I wish to implement intensive study plan for both SE Exams of April-'08. What could be my best bat now?

Regards,

Genuine_Opinion


----------



## kevo_55 (Oct 31, 2007)

Genuine_Opinion said:


> Kevo_55:
> Thank you very much for your response.
> 
> I've gone through all of the books you suggested and found almost all of them refer to 2003 edition of codes while I have to match with NCEES recent requirements. I did not find any recent publication (books) on www.iccsafe.org for the latest code for Concrete, Seismic or Masonry design requirements.
> ...


Of course, I passed both the SEI and SEII when 2003 IBC was the norm.

But have no fear, the ICC website has new versions of the concrete, seismic, and masonry requirements. You might just need to find the newer versions of the books that I posted.
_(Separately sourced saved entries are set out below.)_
ghost use Rattle.std.specs.Prelude.{◌≡◌, ℕ, ◌≤◌, ◌<◌, ◌+◌, List, [], ◌++◌, ◌≢◌, None, length, vec_len, true, false, IfOk, OnOk, OnErr, Err, IfSome, IsErrOf};
ghost use Rattle.std.specs.Io.KnownBytes.{Consumes, IsAtEnd};
ghost use Rattle.rl_outside.specs.Causes.{CountsFetch, times_in, failed_after, read_by};

use crate::failed::{FailedNames, noted};
use crate::files::{Fetch, Files};
use std::alloc::Global;
use std::io::Read;
use std::marker::Model;
use std::{fs, io};

/// How many bytes one read asks for at most.
const PIECE: usize = 4096;

/// The files of the folder in which the program stands. It tells no bytes. Contracts see it as the names
/// of the fetches that failed, oldest first.
pub struct DirFiles<'a, R> {
    rt: &'a R,
    alloc: Global,
    failed: FailedNames,
}

impl<'a, R> Model for DirFiles<'a, R> {
    ghost use Rattle.std.specs.Prelude.{ℕ, List};

    ghost Value = { List (List ℕ) };

    ghost view = { λ d. d.failed };
}

impl<R> Drop for DirFiles<'_, R> {
    fn drop(self) {
        let DirFiles {
            rt: _,
            alloc: _,
            failed: _,
        } = self;
    }
}

impl<'a, R: std::rt::Files> DirFiles<'a, R> {
    /// No fetch has failed yet.
    pub fn new(rt: &'a R, alloc: Global) -> DirFiles<'a, R>
        ensures { result ≡ [] }
    {
        DirFiles {
            rt,
            alloc,
            failed: FailedNames::new(alloc),
        }
    }
}

/// What the answer to a read is, where at most `room` bytes may still come.
fn came(answer: io::Result<usize>, room: usize) -> Result<usize, Fetch>
    ensures { result ≡ read_by room answer }
{
    match answer {
        Ok(n) if n <= room => Ok(n),
        Ok(_) => Err(Fetch::TooLong),
        Err(_) => Err(Fetch::Failed),
    }
}

/// Reads once, at most one byte past the limit, and appends what came. Answers whether anything did.
fn read_piece<F: Read>(file: &mut F, bytes: &mut Vec<u8>, limit: usize) -> Result<bool, Fetch>
    requires { vec_len bytes.old ≤ limit }
    ensures within { OnOk result (vec_len bytes.new ≤ limit) }
    ensures read { OnOk result ((piece : List ℕ) × (bytes.new.items ≡ bytes.old.items ++ piece)
        × Consumes (F.remaining file.old) (F.remaining file.new) piece) }
    ensures more { result ≡ Ok true → vec_len bytes.old < vec_len bytes.new }
    ensures end { result ≡ Ok false → IsAtEnd (F.remaining file.new) }
    ensures too_long { IsErrOf result Fetch.TooLong → ((piece : List ℕ) × (limit < vec_len bytes.old + length piece)
        × Consumes (F.remaining file.old) (F.remaining file.new) piece) }
{
    let room = limit - bytes.len();
    let wanted = room.saturating_add(1).min(PIECE);
    let mut buffer = [0u8; PIECE];
    let n = came(file.read(&mut buffer[..wanted]), room)?;
    bytes.extend_from_slice(&buffer[..n])?;
    Ok(n > 0)
}

/// Reads a file to its end, where that comes within the limit.
pub fn read_whole<F: Read>(file: &mut F, alloc: Global, limit: usize) -> Result<Vec<u8>, Fetch>
    ensures within { IfOk result (λ bytes. length bytes.items ≤ limit) }
    ensures whole { IfOk result (λ bytes. IfSome (F.remaining file.old) (λ there. bytes.items ≡ there)) }
    ensures too_long { IsErrOf result Fetch.TooLong → IfSome (F.remaining file.old) (λ there. limit < length there) }
{
    let mut bytes = Vec::new(alloc);
    loop {
        if !read_piece(file, &mut bytes, limit)? {
            return Ok(bytes);
        }
    }
}

/// Reads the file that was opened to its end. One that std could not open is a failed fetch.
fn read_opened<F: Read + Drop>(
    opened: io::Result<F>,
    alloc: Global,
    limit: usize,
) -> Result<Vec<u8>, Fetch>
    ensures unopened { OnErr opened (result ≡ Err Fetch.Failed) }
    ensures within { IfOk result (λ bytes. length bytes.items ≤ limit) }
    ensures whole { IfOk opened (λ file. IfOk result (λ bytes.
        IfSome (F.remaining file) (λ there. bytes.items ≡ there))) }
    ensures too_long { IfOk opened (λ file. IsErrOf result Fetch.TooLong →
        IfSome (F.remaining file) (λ there. limit < length there)) }
{
    match opened {
        Ok(mut file) => read_whole(&mut file, alloc, limit),
        Err(_) => Err(Fetch::Failed),
    }
}

impl<R: std::rt::Files> Files for DirFiles<'_, R> {
    ghost held = { λ _ _. None };

    ghost faults = { times_in };

    /// Reads the file of this name to its end. Fails where std can't open or read it.
    fn fetch(&mut self, alloc: Global, name: &str, limit: usize) -> Result<Vec<u8>, Fetch>
        ensures within { IfOk result (λ bytes. length bytes.items ≤ limit) }
        ensures after { self.new ≡ failed_after result self.old name.now }
        ensures cause { CountsFetch result (times_in self.old name.now) (times_in self.new name.now) }
        ensures others { (n : List ℕ) → n ≢ name.now → times_in self.new n ≡ times_in self.old n }
    {
        let answer = read_opened(fs::open(self.rt, name), alloc, limit);
        noted(self.alloc, &mut self.failed, name, answer)
    }
}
I'd honestly go and get this though: http://www.iccsafe.org/e/prodshow.html?pro...YLuFchhnj9625|7

It's slated to be out in a week or two. This doesn't go over wind loads, but it's much better than the "Seismic and Wind Forces" book overall.

A while back, somoene posted a link for review courses specifically for the SEI and SEII. I never took them and basically became a hermit when I studied for these exams. Review courses are nice, but not 100% required.


----------



## Genuine_Opinion (Oct 31, 2007)

kevo_55 said:


> Of course, I passed both the SEI and SEII when 2003 IBC was the norm.
> But have no fear, the ICC website has new versions of the concrete, seismic, and masonry requirements. You might just need to find the newer versions of the books that I posted.
> 
> I'd honestly go and get this though: http://www.iccsafe.org/e/prodshow.html?pro...YLuFchhnj9625|7
> ...


Kevo_55:

Thanks for your quick response.

Looking to the content of these three volumes titled "2006 Structural Seismic Design Manual Combo", what do you feel it as a substitute for your previously suggested Alan Williams' Three Books like:

1. Structural Engineering: License Review with Problems and Solutions, 5th Edition

2. Civil &amp; Structural Engineering: Seismic Design of Buildings &amp; Bridges, 5th Edition

3. Seismic Wind Forces Structural Design Examples, 3rd Edition

Is the above-mentioned Manual Combo offered by SEAOC sufficiently covering the whole spectrum of course content to replace the above three books? If so then I'll go ahead and buy it. (BTW, the combo is still not available yet). However, If the combo is not sufficient, then I would better wait for the revised publication of the above books. Please verify the content of combo and advise.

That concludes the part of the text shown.